Изольда подошла к Серафиму и, взяв зеркальце, вложила ему в руку какую-то бумажку.

— Люба, вы не возражаете, если я к вам завтра в три часа зайду? — громко спросила она меня. — Вы, кажется, говорили, что сегодня вечером вам пятый и шестой номера «Искателя» могут принести?..

— Конечно, — ответила я, — приходите. Только… Изольда Олеговна, я совсем не уверена, что мне сегодня принесут именно то, что вам нужно.

— А вас, за какой год «Искатель» интересует? — со знанием дела, обратился к Изольде Серафим.

— За восемьдесят первый, — чему-то улыбаясь, ответила Изольда. — Там, в четвертом номере, роман «Аберацио иктус», мне бы хотелось почитать.

«Да, уж!.. Название и впрямь забористое. Интригует!» — подумала я.

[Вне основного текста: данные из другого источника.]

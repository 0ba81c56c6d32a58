ghost use Rattle.std.specs.Prelude.{◌≡◌, [], IfOk, Err};
ghost use Rattle.mpl_reader.specs.declared.stop.Stop.TheVariants as stop;

use crate::stop::Stop;
use sqlite_items::Items;
use std::alloc::Global;

/// An empty list with room for one item. Most lists of a source have one, and items are large.
pub fn short_list<T: Drop>(alloc: Global) -> Result<Items<T>, Stop>
    ensures empty { IfOk result (λ list. list ≡ []) }
    ensures memory { result ≡ Err stop.Stuck → ⊥ }
{
    let items = Vec::with_capacity(alloc, 1)?;
    Ok(Items::from_vec(items))
}
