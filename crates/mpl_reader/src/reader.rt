ghost use Rattle.std.specs.Prelude.{◌≡◌, ◌+◌, ◌<◌, ◌∷◌, length, IfOk, OnOk, Err};
ghost use Rattle.mpl_mean.specs.Text.Reading as reading;
ghost use Rattle.mpl_trees.specs.Taking as spec;
ghost use Rattle.mpl_reader.specs.Reader.{Began, Skipped, Took, TookJoint, most_number, rest_of};

use crate::ahead::{level_of, sees_keyword, sees_mark};
use crate::stop::Stop;
use mpl_ast::token::{Keyword, Mark, Token, TokenKind};
use mpl_ast::{At, Name, Number, Span};
use mpl_trees::piece::{Sign, Start};
use std::alloc::Global;

/// A reader of tokens, which numbers the nodes of the tree.
#[derive(Drop)]
pub struct Reader<'a> {
    /// The tokens that are not read yet.
    pub left: &'a [Token],
    /// Where the last token that was read ends.
    pub last: u32,
    /// The number of the next node.
    pub next: u32,
}

/// An operator between operands.
#[derive(Clone, Copy)]
pub struct Joint {
    pub sign: Sign,
    pub level: u32,
}

impl<'a> Reader<'a> {
    fn take(&mut self) -> &'a Token
        requires { 0 < length self.old.left.now }
        ensures tokens { self.old.left.now ≡ result.now ∷ self.new.left.now }
        ensures last { self.new.last ≡ result.now.span.to }
        ensures next { self.new.next ≡ self.old.next }
    {
        let [token, left @ ..] = self.left else {
            unreachable!()
        };
        self.left = left;
        self.last = token.span.to;
        token
    }

    /// The line of the next token.
    pub fn line(&self) -> u32
        ensures { result ≡ spec.line_of self.now.left.now }
    {
        match self.left {
            [token, ..] => token.line,
            [] => 0,
        }
    }

    /// Where a node begins whose first token is the next.
    pub fn here(&self) -> Start
        ensures { result ≡ spec.start_of (rest_of self.now) }
    {
        let from = match self.left {
            [token, ..] => token.span.from,
            [] => 0,
        };
        Start {
            from,
            line: self.line(),
            id: self.next,
        }
    }

    /// So many numbers of nodes are given away.
    pub fn advance(&mut self, nodes: usize) -> Result<(), Stop>
        ensures { Skipped (spec.fitting most_number) (record (rest_of self.old) { next = self.old.next + nodes }) result (rest_of self.new) }
    {
        let Ok(nodes) = u32::try_from(nodes) else {
            return Err(Stop::Stuck);
        };
        let Some(next) = self.next.checked_add(nodes) else {
            return Err(Stop::Stuck);
        };
        self.next = next;
        Ok(())
    }

    /// Begins a node at the next token.
    pub fn start(&mut self) -> Result<Start, Stop>
        ensures { Began (rest_of self.old) result (rest_of self.new) }
    {
        let start = self.here();
        self.advance(1)?;
        Ok(start)
    }

    /// Where a node stands that ends with the last token.
    pub fn finish(&self, start: Start) -> At
        ensures { result ≡ spec.place start self.now.last }
    {
        At {
            span: Span {
                from: start.from,
                to: self.last,
            },
            line: start.line,
            id: start.id,
        }
    }

    /// Reads the mark.
    pub fn mark(&mut self, mark: Mark) -> Result<(), Stop>
        ensures { Skipped (reading.mark mark) (rest_of self.old) result (rest_of self.new) }
    {
        if !sees_mark(self.left, mark) {
            return Err(Stop::Stuck);
        }
        self.take();
        Ok(())
    }

    /// Reads the word.
    pub fn keyword(&mut self, keyword: Keyword) -> Result<(), Stop>
        ensures { Skipped (reading.keyword keyword) (rest_of self.old) result (rest_of self.new) }
    {
        if !sees_keyword(self.left, keyword) {
            return Err(Stop::Stuck);
        }
        self.take();
        Ok(())
    }

    /// Reads a name.
    pub fn name(&mut self, alloc: Global) -> Result<Name, Stop>
        ensures { Took spec.take_name (rest_of self.old) result (rest_of self.new) }
    {
        let [token, left @ ..] = self.left else {
            return Err(Stop::Stuck);
        };
        match &token.kind {
            TokenKind::Name(text) => {
                let text = text.copy()?;
                self.left = left;
                self.last = token.span.to;
                Ok(Name {
                    from: token.span.from,
                    text,
                })
            }
            _ => Err(Stop::Stuck),
        }
    }

    /// Reads a number.
    pub fn number(&mut self) -> Result<Number, Stop>
        ensures { Took spec.take_number (rest_of self.old) result (rest_of self.new) }
    {
        let [token, left @ ..] = self.left else {
            return Err(Stop::Stuck);
        };
        match token.kind {
            TokenKind::Number(value) => {
                self.left = left;
                self.last = token.span.to;
                Ok(Number {
                    from: token.span.from,
                    value,
                })
            }
            _ => Err(Stop::Stuck),
        }
    }

    /// Reads an operator between operands, if there is one.
    pub fn joint(&mut self) -> Option<Joint>
        ensures { TookJoint (rest_of self.old) result (rest_of self.new) }
    {
        let [token, left @ ..] = self.left else {
            return None;
        };
        let TokenKind::Mark(mark) = token.kind else {
            return None;
        };
        let level = level_of(mark)?;
        self.left = left;
        self.last = token.span.to;
        let line = token.line;
        Some(Joint {
            sign: Sign { line, mark },
            level,
        })
    }
}
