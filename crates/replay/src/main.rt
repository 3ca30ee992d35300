// Replays stored cases. Standard input has a `case` line for each and then the tracer's input; the same `case` lines are
// printed, each with its listing.
#![tactic(auto)]

use console::listing::listing;
use std::io;
use std::io::{Read, Write};
use streams::input::{Fetched, Input, Next, fetch, is_case};
use streams::output::Waiting;
use streams::part::part;

// A case: its line, then its listing, whose input ends where the next case begins.
fn replay<R: Read, W: Write>(
    source: &mut R,
    buf: &mut [u8],
    input: Input,
    start: usize,
    end: usize,
    sink: &mut W,
    waiting: &mut Waiting,
) -> io::Result<Input> {
    waiting.print(sink, part(buf, start, end))?;
    waiting.print(sink, b"\n")?;
    listing(source, buf, input.within(true), sink, waiting, false)
}

// A line outside a listing. One that begins no case is what a listing left unread, and is passed over.
fn line<R: Read, W: Write>(
    source: &mut R,
    buf: &mut [u8],
    input: Input,
    start: usize,
    end: usize,
    sink: &mut W,
    waiting: &mut Waiting,
) -> io::Result<Input> {
    if is_case(part(buf, start, end)) {
        return replay(source, buf, input, start, end, sink, waiting);
    }
    Ok(input)
}

// All cases up to the end of the input. A loop has to end, so its turns are counted; no input has as many lines.
fn cases<R: Read, W: Write>(
    source: &mut R,
    buf: &mut [u8],
    sink: &mut W,
    waiting: &mut Waiting,
) -> io::Result<()> {
    let mut left = Input::new(false);
    for _ in 0..u64::MAX {
        let Fetched { next, input } = fetch(source, buf, left.within(false));
        let Next::Line(start, end) = next else {
            break;
        };
        left = line(source, buf, input, start, end, sink, waiting)?;
    }
    Ok(())
}

fn main(rt: HostRuntime) -> io::Result<()> {
    let mut buf = [0u8; 65536];
    let mut waiting = Waiting::new();
    let mut source = rt.stdin();
    let mut sink = rt.stdout();
    cases(&mut source, &mut buf, &mut sink, &mut waiting)?;
    waiting.flush(&mut sink)
}
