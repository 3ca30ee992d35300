// What the calls that a host makes come to, on a conversation's meaning. The crate has definitions and theorems, and no code.
#![tactic(auto)]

— Понял, — лаконично сказал Серафим, чуть наклонил голову, прощаясь, приподнял шляпу и вышел из лавки.

Не успел Серафим покинуть магазин, как Изольда буквально набросилась на меня со странными вопросами. При том она вдруг начала называть меня Любашей. Если бы вы только знали, как меня раздражает эта форма моего имени! Я несколько раз говорила Изольде об этом, — иногда она прислушивалась, но чаще забывала. Иногда мне кажется, что она просто издевается надо мной.

— Любаша, вы заметили, что, несмотря на ужасную одежду, Серафим тщательно побрит?